Deteriorating Quality of Philippine Educational System

Deteriorating Quality of Philippine Educational System

The world is in constant evolution. Thus, every facet of human endeavours has to follow the natural order. In the discipline of education, previous theories and/or concepts may no longer be deemed pragmatic to the recent situations. For instance, gone were the days that the notion of teaching was considered as the imparting of knowledge by the teacher to the students. Nowadays, the idea of teaching is to make someone learn by letting students draw their own insights based on their hands-on experience. Teachers are now considered as the catalyst and facilitator of learning, not the source of knowledge.

Since the introduction of free education for the primary level, numerous programs and projects have been launched, by the government, to distribute education to the entire population. Unfortunately, as promising as these platforms were, some key factors were overlooked, thus resulting in an ironic deterioration of the educational system. Instead of reaping the products of these programs, the backfire only entrenched the rooting problem.

One of the key elements is that the government gave more priority to the quantity of admission, rather than to the quality of education. The government paid little attention to other factors such as facilities and teacher salaries, and only concentrated on getting classrooms filled and overcrowded. In most cases, public schools had to take shifts in order to accommodate such large volumes of students. As a result, the school has to cut down time spent on lessons and subjects per day. In addition, the teachers often have to manage with obsolete equipment due to in adequate funding. Since their salaries are low, only a handful desires the teaching profession, thus increasing the ratio between pupil and teacher. As a result, teachers have to handle a bigger volume of students making the quality of education degraded.

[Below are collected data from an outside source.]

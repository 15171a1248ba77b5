//! The fields of a payload, each written behind what stands there.
ghost use Rattle.std.specs.Prelude.{◌≡◌, ◌++◌, OnOk};
ghost use Rattle.ks_payload.specs.IdFields.{id_field};
ghost use Rattle.ks_payload.specs.Payloads.{field_if_any, audit_field};

use crate::hex_id::{is_hex_id, packed};
use ks_base::{Id, Memory};

pub fn push_id(out: &mut Vec<u8>, id: &Id) -> Result<(), Memory>
    ensures { OnOk result (out.new.items ≡ out.old.items ++ id_field id.now) }
{
    let text = id.as_slice();
    if is_hex_id(text) {
        out.push(0)?;
        out.extend_from_slice(&packed(text))?;
        return Ok(());
    }
    out.push(text.len() as u8)?;
    out.extend_from_slice(text)?;
    Ok(())
}

pub fn push_id_if_any(out: &mut Vec<u8>, id: &Option<Id>) -> Result<(), Memory>
    ensures { OnOk result (out.new.items ≡ out.old.items ++ field_if_any id.now) }
{
    match id {
        Some(id) => push_id(out, id),
        None => Ok(()),
    }
}

pub fn push_audits(
    out: &mut Vec<u8>,
    audit: &[u8; 16],
    chain: &Option<[u8; 16]>,
) -> Result<(), Memory>
    ensures { OnOk result (out.new.items ≡ out.old.items ++ audit_field audit.now chain.now) }
{
    let Some(chain) = chain else {
        out.push(1)?;
        out.extend_from_slice(audit)?;
        return Ok(());
    };
    out.push(2)?;
    out.extend_from_slice(audit)?;
    out.extend_from_slice(chain)?;
    Ok(())
}
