ghost use Rattle.std.specs.Prelude.{◌≡◌, IfSome, None, false};
ghost use Rattle.ks_machine.specs.Fit.{Fit};
ghost use Rattle.ks_service.specs.Called.{Called};
ghost use Rattle.ks_service.specs.Callers.{IsSaidBy};

use crate::answer::Answer;
use crate::caller::{first_heard, hear};
use crate::recent::Recent;
use crate::rounds::{ROUNDS, last_round, round, without_memory};
use crate::work::work;
use ks_machine::Call;
use ks_outside::{Gate, Place};
use ks_state::Decides;
use ks_turn::{First, Pass, Turn};
use std::alloc::Global;
use std::sync::Wait;

/// Decides a call through a pass, in one hold of the turn, and keeps its change there. The work on ciphers that a
/// decision asks for is done outside, and the call is then decided anew; where facts are still lacking after four rounds,
/// the work is done in the fifth hold. `Memory` is the reply where there was no memory to decide or to do the work.
///
/// The gate is called before each hold and, outside the turn, before each token is opened and each password derived.
/// `hears` says whether the answer is to tell what the caller's token says.
pub fn call<I: Decides, N: First, R: Wait, G: Gate>(
    alloc: Global,
    turn: &Turn<I, N>,
    rt: &R,
    pass: Pass<N>,
    call: &Call,
    gate: &G,
    hears: bool,
) -> (Pass<N>, Answer<I::Fault>)
    requires own { pass.turn ≡ turn.now }
    requires fit { Fit call.now }
    ensures called { Called pass result.0 call.now result.1 }
    ensures caller { IfSome result.1.caller (IsSaidBy call.now.caller) }
    ensures unheard { hears ≡ false → result.1.caller ≡ None }
{
    let mut recent = Recent::new(alloc);
    next_call(alloc, turn, rt, pass, call, gate, hears, &mut recent)
}

/// Decides a call as `call` does, by what a worker remembers of its calls before: where that is enough, the call's tokens
/// are opened before the first hold, and it is decided there. What is found out is remembered for the next call.
pub fn next_call<I: Decides, N: First, R: Wait, G: Gate>(
    alloc: Global,
    turn: &Turn<I, N>,
    rt: &R,
    mut pass: Pass<N>,
    call: &Call,
    gate: &G,
    hears: bool,
    recent: &mut Recent,
) -> (Pass<N>, Answer<I::Fault>)
    requires own { pass.turn ≡ turn.now }
    requires fit { Fit call.now }
    ensures called { Called pass result.0 call.now result.1 }
    ensures caller { IfSome result.1.caller (IsSaidBy call.now.caller) }
    ensures unheard { hears ≡ false → result.1.caller ≡ None }
{
    let mut facts = recent.begin(call, gate);
    let mut caller = first_heard(alloc, hears, &facts, recent.keys(), call);
    for _ in 0..ROUNDS {
        gate.at(Place::BeforeHold);
        let (next, outcome) = round(turn, rt, pass, call, &facts);
        match outcome {
            Ok(mut answer) => {
                answer.caller = caller;
                recent.end(facts, call);
                return (next, answer);
            }
            Err(needs) => {
                if work(alloc, &needs, call, &mut facts, gate).is_err() {
                    return without_memory(next);
                }
                hear(
                    alloc,
                    &mut caller,
                    hears,
                    &facts,
                    needs.keys.as_slice(),
                    call,
                );
                recent.learn(needs.keys.as_slice());
            }
        }
        pass = next;
    }
    gate.at(Place::BeforeHold);
    let (next, mut answer) = last_round(alloc, turn, rt, pass, call, facts);
    answer.caller = caller;
    (next, answer)
}
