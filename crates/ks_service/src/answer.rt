use ks_base::Boxed;
use ks_machine::Reply;
use ks_payload::Payload;
use ks_state::Kept;

/// What came of a call.
#[derive(Drop)]
pub struct Answer<F> {
    pub reply: Reply,
    /// How many changes came before the event that decided the call, or before the last hold where none did.
    pub changes: u64,
    /// The highest moment right after it, in whole seconds since 1970-01-01T00:00:00Z.
    pub moment: u64,
    /// What became of the changes that were not kept yet: `Memory` also where no event decided the call, so that its moment is
    /// below its reading.
    pub kept: Kept<F>,
    /// What the caller's token says of its holder, whether that is valid or not, where it was asked for and found out, and
    /// there was memory for it.
    pub caller: Option<Boxed<Payload>>,
}
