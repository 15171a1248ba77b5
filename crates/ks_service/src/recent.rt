//! What a worker remembers of its calls.

use crate::opens::{TakenKey, taken_in};
use crate::work::open_tokens;
use ks_auth::Facts;
use ks_base::ListOf;
use ks_machine::Call;
use ks_outside::Gate;
use ks_ring::HeldKey;
use std::alloc::Global;
use std::mem;

/// What a worker found out of ciphers in its last calls, so that the next one need not ask for it: the keys that the ring had,
/// taken in, and what they make of the last caller's token. What a key makes of a text is true for ever, so that nothing here is ever
/// wrong; where the ring has other keys now, a decision asks for what it lacks.
#[derive(Drop)]
pub struct Recent {
    alloc: Global,
    keys: ListOf<TakenKey>,
    facts: Facts,
}

impl Recent {
    /// Nothing is remembered, which takes no memory yet.
    pub fn new(alloc: Global) -> Recent {
        Recent {
            alloc,
            keys: ListOf::new(alloc),
            facts: Facts::new(alloc),
        }
    }

    /// The keys that the ring had when it was asked last, as far as they are remembered.
    pub(crate) fn keys(&self) -> &[TakenKey] {
        self.keys.as_slice()
    }

    /// The facts with which a call begins: its tokens are opened with the keys that are remembered.
    pub(crate) fn begin<G: Gate>(&mut self, call: &Call, gate: &G) -> Facts {
        let mut facts = mem::replace(&mut self.facts, Facts::new(self.alloc));
        // Where there is no memory for it, the decision asks for what it lacks.
        let _opened = open_tokens(self.alloc, self.keys.as_slice(), call, &mut facts, gate);
        facts
    }

    /// Takes in the keys for which a decision asked, of which none are remembered. Where some are, the ring has changed, and
    /// they are forgotten: the next decision then asks for all keys, and not only for the new ones.
    pub(crate) fn learn(&mut self, keys: &[HeldKey]) {
        if keys.is_empty() {
            return;
        }
        let known = mem::replace(&mut self.keys, ListOf::new(self.alloc));
        if !known.as_slice().is_empty() {
            return;
        }
        // Where there is no memory for them, none are remembered.
        if let Ok(taken) = taken_in(self.alloc, keys) {
            self.keys = taken;
        }
    }

    /// Remembers what is known of the caller's token, and lets all else go that was found out for the call.
    pub(crate) fn end(&mut self, facts: Facts, call: &Call) {
        if let Some(text) = &call.caller {
            self.facts = facts.about(text);
        }
    }
}
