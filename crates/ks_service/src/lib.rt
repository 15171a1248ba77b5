//! Calls of one identity that many callers use: each is decided in one hold of its turn, and the work on ciphers that the
//! decision asks for is done outside.
#![tactic(auto)]

mod alone;
mod answer;
mod caller;
mod calling;
mod opens;
mod recent;
mod rounds;
mod secrets;
mod work;

pub use alone::answer_alone;
pub use answer::Answer;
pub use calling::{call, next_call};
pub use recent::Recent;
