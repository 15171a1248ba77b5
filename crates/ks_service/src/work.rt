//! The work that decisions ask for.
ghost use Rattle.std.specs.Prelude.{◌≡◌, true, IfOk, IfSome, OnOk, map, option_copied};
ghost use Rattle.ks_auth.specs.Facts.{has_opened};
ghost use Rattle.ks_fernet.specs.Opening.{open_of};
ghost use Rattle.ks_machine.specs.Ranges.{AreRounds};
ghost use Rattle.ks_service.specs.Work.{AreDerivable, AreKept, IsDerived, IsDone, IsOpened, is_open, secrets_in};

use crate::opens::Opens;
use crate::secrets::{Secrets, new_secret};
use ks_auth::Facts;
use ks_base::{Memory, Text};
use ks_fernet::OpenAnswer;
use ks_machine::{Call, Derived};
use ks_outside::{Gate, Place};
use ks_state::Needs;
use std::alloc::Global;

/// Opens each token text of the call with the keys that are named, as far as the first that opens it, and derives its
/// passwords and secrets with the salts and rounds that are named for them. What is known already is not done again.
#[tactic(auto, using(crate::proofs::FactLemmas::opened_held, crate::proofs::FactLemmas::opened_later))]
pub(crate) fn work<G: Gate>(
    alloc: Global,
    needs: &Needs,
    call: &Call,
    facts: &mut Facts,
    gate: &G,
) -> Result<(), Memory>
    requires { AreDerivable needs.now }
    ensures done { OnOk result (IsDone needs.now call.now facts.new) }
    ensures kept { OnOk result (AreKept facts.old facts.new) }
{
    open_tokens(alloc, needs.keys.as_slice(), call, facts, gate)?;
    let secrets = Secrets::of(call);
    derive(needs.stored.as_ref(), secrets.shown, facts, gate)?;
    let set = new_secret(alloc, call)?;
    derive(needs.fresh.as_ref(), set.as_ref(), facts, gate)
}

/// Opens each token text of the call with these keys, as far as the first that opens it.
#[tactic(auto, using(crate::proofs::FactLemmas::opened_later))]
pub(crate) fn open_tokens<K: Opens, G: Gate>(
    alloc: Global,
    keys: &[K],
    call: &Call,
    facts: &mut Facts,
    gate: &G,
) -> Result<(), Memory>
    ensures caller { OnOk result (IfSome call.now.caller (IsOpened (map K.stands_for keys.now) facts.new)) }
    ensures subject { OnOk result (IfSome call.now.subject (IsOpened (map K.stands_for keys.now) facts.new)) }
    ensures token { OnOk result (IfSome (secrets_in call.now).token (IsOpened (map K.stands_for keys.now) facts.new)) }
    ensures kept { OnOk result (AreKept facts.old facts.new) }
{
    open_with(alloc, keys, call.caller.as_ref(), facts, gate)?;
    open_with(alloc, keys, call.subject.as_ref(), facts, gate)?;
    let secrets = Secrets::of(call);
    open_with(alloc, keys, secrets.token, facts, gate)
}

/// Opens the text, if there is one, with the keys in their order, as far as the first that opens it.
fn open_with<K: Opens, G: Gate>(
    alloc: Global,
    keys: &[K],
    text: Option<&Text>,
    facts: &mut Facts,
    gate: &G,
) -> Result<(), Memory>
    ensures opened { OnOk result (IfSome (option_copied text.entry) (IsOpened (map K.stands_for keys.now) facts.new)) }
    ensures kept { OnOk result (AreKept facts.old facts.new) }
{
    let Some(text) = text else {
        return Ok(());
    };
    for key in keys {
        if open_by(alloc, key, text, facts, gate)? {
            return Ok(());
        }
    }
    Ok(())
}

/// Opens the text with the key, unless what the key makes of it is known, and tells whether the key opens it.
fn open_by<K: Opens, G: Gate>(
    alloc: Global,
    key: &K,
    text: &Text,
    facts: &mut Facts,
    gate: &G,
) -> Result<bool, Memory>
    ensures known { OnOk result (has_opened (K.stands_for key.now) text.now facts.new.opened ≡ true) }
    ensures opens { IfOk result (λ opens. opens ≡ is_open (open_of (K.stands_for key.now).key text.now)) }
    ensures kept { OnOk result (AreKept facts.old facts.new) }
{
    if let Some(answer) = facts.opened(&key.held(), text) {
        return Ok(is_open(answer));
    }
    gate.at(Place::Opening);
    let fact = key.open(alloc, text)?;
    let opens = is_open(fact.answer());
    facts.add_opened(fact)?;
    Ok(opens)
}

fn is_open(answer: &OpenAnswer) -> bool
    ensures { result ≡ is_open answer.now }
{
    matches!(answer, OpenAnswer::Yes { .. })
}

/// Derives the password, if there is one and it is asked for, unless that is known.
fn derive<G: Gate>(
    asked: Option<&([u8; 16], u32)>,
    password: Option<&Text>,
    facts: &mut Facts,
    gate: &G,
) -> Result<(), Memory>
    requires { IfSome (option_copied asked) (λ by. AreRounds by.1) }
    ensures derived { OnOk result (IfSome (option_copied asked.entry) (λ by. IfSome (option_copied password.entry) (IsDerived by facts.new))) }
    ensures kept { OnOk result (AreKept facts.old facts.new) }
{
    let Some(by) = asked else {
        return Ok(());
    };
    let Some(password) = password else {
        return Ok(());
    };
    let (salt, rounds) = *by;
    if facts.derived(password, &salt, rounds).is_some() {
        return Ok(());
    }
    gate.at(Place::Deriving);
    facts.add_derived(Derived::of(password.copy()?, salt, rounds))
}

The educational system is already poor as it is. For instance, lessons are often discussed in the trivial level without any analysis whatsoever. Students arrive unprepared for the lessons, and teachers spend more time keeping their class quiet than actually teaching. Furthermore, the teacher dictates the facts, instead of students drawing up their own conclusions, and group work is usually conducted wherein individual analysis would be sufficient. Students are made to do memory work without fully understanding what they’re supposed to learn in the first place.

Tomorrow’s civilization is deeply reliant on what is taught in today’s classrooms. If such sickly quality of instruction remains then the adults of tomorrow won’t be considerably different than the ill-fated children of today.